We have one officer assigned to the task force so let me break down the figures.

The following are City of Northfield approximate costs. They are the approximate costs for our involvement in narcotics investigation and a breakdown of what those costs are.

  • Salary for one full-time officer with benefits: $60,000.
  • One city vehicle and fuel: $4000.
  • Insurance for said vehicle: $200.
  • Annual fees to Rice County Drug Task Force: $4500.
  • Supervisory costs to supervise agent and our involvement in the task force. Portion of salaries of investigative captain and police chief: $15,000
  • Equipment costs, including computer, phone, cell phone, other office and field equipment purchase and rental: $3000
  • Total approximate cost: $86,700″

How much money is budgeted for next year?

“The costs should be similar with a minimal cost of living salary adjustment. I would anticipate a general increase to all of the items. I would approximate a four percent increase, making the cost approximately $90,168 for 2009. There is not a specific budget for narcotics investigation. It comes out of the regular police budget. I use monies currently from officer salaries, dept. equipment, fuel, dept vehicle costs, etc.”

How much money would the task force need to operate at its best?

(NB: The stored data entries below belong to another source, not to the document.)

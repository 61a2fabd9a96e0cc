// SPDX-License-Identifier: GPL-2.0-only
//! Attempts that found the lookups of an id used up.

ghost use Rattle.std.specs.Prelude.{◌≡◌, ℕ, Some, slice_get};
ghost use Rattle.std.specs.Bool.{Decides};
ghost use Rattle.shr_base.specs.declared.ends.WorkerPart.{WorkerPart};
ghost use Rattle.shr_base.specs.declared.replies.Spent.TheVariants.{Lookups};
ghost use Rattle.shr_base.specs.Walks.{WalkRecord};
ghost use Rattle.shr_audit_formed.specs.Each.{EachItem};
ghost use Rattle.shr_laws.specs.Causes.{IsSpent};
ghost use Rattle.shr_laws.specs.Parts.{EachAttempt, EachWalk, lookups_at};
ghost use Rattle.shr_audit_reasons.specs.Walks.{IsAttemptCaused, IsWornRightly};

use shr_base::attempts::Attempt;
use shr_base::ends::WorkerPart;
use shr_base::scripts::Script;
use shr_base::walks::{Outcome, WalkRecord};
use shr_laws::report::Report;

// The printed lookups of an id.
fn lookups_at(report: &Report, id: u16) -> u32
    ensures { result ≡ lookups_at report.now id }
{
    match report.lookups.get(id as usize) {
        Some(lookups) => *lookups,
        None => 0,
    }
}

/// Whether so many lookups of an id are as many as use it up, and were printed.
pub fn are_lookups_spent(
    script: &Script,
    report: &Report,
    worker: usize,
    id: u16,
    seen: u32,
) -> bool
    ensures { Decides result (IsSpent script.now report.now worker (Lookups id seen)) }
{
    seen >= u32::MAX - 255 && seen <= lookups_at(report, id)
}

// Whether an attempt is worn only by lookups that were used up.
fn is_worn_rightly(script: &Script, report: &Report, worker: usize, attempt: &Attempt) -> bool
    ensures { Decides result (IsAttemptCaused script.now report.now worker attempt.now) }
{
    match attempt.outcome() {
        Outcome::Worn { seen } => are_lookups_spent(script, report, worker, attempt.id, seen),
        _ => true,
    }
}

// Whether each of these attempts is.
fn attempts_are_worn(script: &Script, report: &Report, worker: usize, attempts: &[Attempt]) -> bool
    ensures { Decides result (EachItem
        (λ a. IsAttemptCaused script.now report.now worker a) attempts.now) }
{
    for attempt in attempts {
        if !is_worn_rightly(script, report, worker, attempt) {
            return false;
        }
    }
    true
}

// Whether each attempt of these walks is.
fn walks_are_worn(script: &Script, report: &Report, worker: usize, walks: &[WalkRecord]) -> bool
    ensures { Decides result (EachItem (λ w. EachAttempt w
        (λ a. IsAttemptCaused script.now report.now worker a)) walks.now) }
{
    for walk in walks {
        if !attempts_are_worn(script, report, worker, walk.attempts()) {
            return false;
        }
    }
    true
}

// Whether each attempt of each walk of these parts is.
fn parts_are_worn(script: &Script, report: &Report, parts: &[WorkerPart]) -> bool
    ensures { Decides result ((worker : ℕ) (part : WorkerPart)
        → slice_get parts.now worker ≡ Some part
        → EachItem (λ w. EachAttempt w
        (λ a. IsAttemptCaused script.now report.now worker a)) part.walks.items) }
{
    for worker in 0..parts.len() {
        if !walks_are_worn(script, report, worker, parts[worker].walks.as_slice()) {
            return false;
        }
    }
    true
}

/// Whether each attempt is worn only by lookups that were used up.
pub fn are_attempts_caused(script: &Script, report: &Report) -> bool
    ensures { Decides result (EachWalk report.now (λ worker n w. EachAttempt w
        (λ a. IsWornRightly script.now report.now worker a))) }
{
    let all = parts_are_worn(script, report, report.workers.as_slice());
    all
}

“That’s difficult to answer. Probably $30,000 more. ‘Buy money’ is needed to conduct these investigations, and we need more funding for vehicles and improvement of technology. Lastly, being a large proponent of training, we could use more access to training dollars for investigators. With that said, I actually feel very fortunate to have one officer dedicated to narcotics investigation. If we get overwhelmed or need assistance we can rely upon the Minnesota Bureau of Criminal Apprehension Narcotics Division. We did that in our most recent investigation and arrests of heroin.”

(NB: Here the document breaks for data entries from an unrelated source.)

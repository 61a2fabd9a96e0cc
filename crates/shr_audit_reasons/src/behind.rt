// SPDX-License-Identifier: GPL-2.0-only
//! The entry of an id before another, in the journal of registrations.

ghost use Rattle.std.specs.Prelude.{◌≡◌, ◌+◌, ◌<◌, length, replicate, IfOk, OnOk};
ghost use Rattle.shr_audit_reasons.specs.Behind.{AreBehind, HasBehinds};

use crate::cites::id_of;
use shr_base::journals::PoolEntry;
use shr_base::memory::Memory;
use std::alloc::Global;

fn zeros(alloc: Global, count: usize) -> Result<Vec<usize>, Memory>
    ensures { IfOk result (λ table. table.items ≡ replicate count 0) }
{
    Ok(vec![in alloc; 0; count]?)
}

// One entry more, the one with this number.
fn note(
    pool: &[PoolEntry],
    n: usize,
    lasts: &mut Vec<usize>,
    behinds: &mut Vec<usize>,
) -> Result<(), Memory>
    requires there { n < length pool.now }
    requires lasts { AreBehind pool.now n lasts.old.items }
    requires behinds { HasBehinds pool.now n behinds.old.items }
    ensures lasts { OnOk result (AreBehind pool.now (n + 1) lasts.new.items) }
    ensures behinds { OnOk result (HasBehinds pool.now (n + 1) behinds.new.items) }
{
    let id = id_of(pool[n]) as usize;
    let behind = lasts[id];
    behinds.push(behind)?;
    lasts[id] = n + 1;
    Ok(())
}

/// For each entry of the journal of registrations the number behind the last entry of its id before
/// it, 0 where there is none.
pub fn behinds_of(alloc: Global, pool: &[PoolEntry]) -> Result<Vec<usize>, Memory>
    ensures { IfOk result (λ table. HasBehinds pool.now (length pool.now) table.items) }
{
    let mut lasts = zeros(alloc, 65536)?;
    let mut behinds = Vec::new(alloc);
    for n in 0..pool.len() {
        note(pool, n, &mut lasts, &mut behinds)?;
    }
    Ok(behinds)
}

What’s the best way for a citizen to express a concern to the police?

“It would probably depend on the severity of the concern. Let’s use as an example of drug intelligience or suspicious activity. They should call our investigative staff and share the concern with us. Again, the more we learn, the more likely we can deal with the issue. If it is something that should be dealt with right away, something that is currently occurring (examples would be a loud party, reckless driving in a neighborhood, etc.) we would want the person to call our dispatch and have an officer respond at the time it is occurring. The dispatch phone number is 507-645-4475.”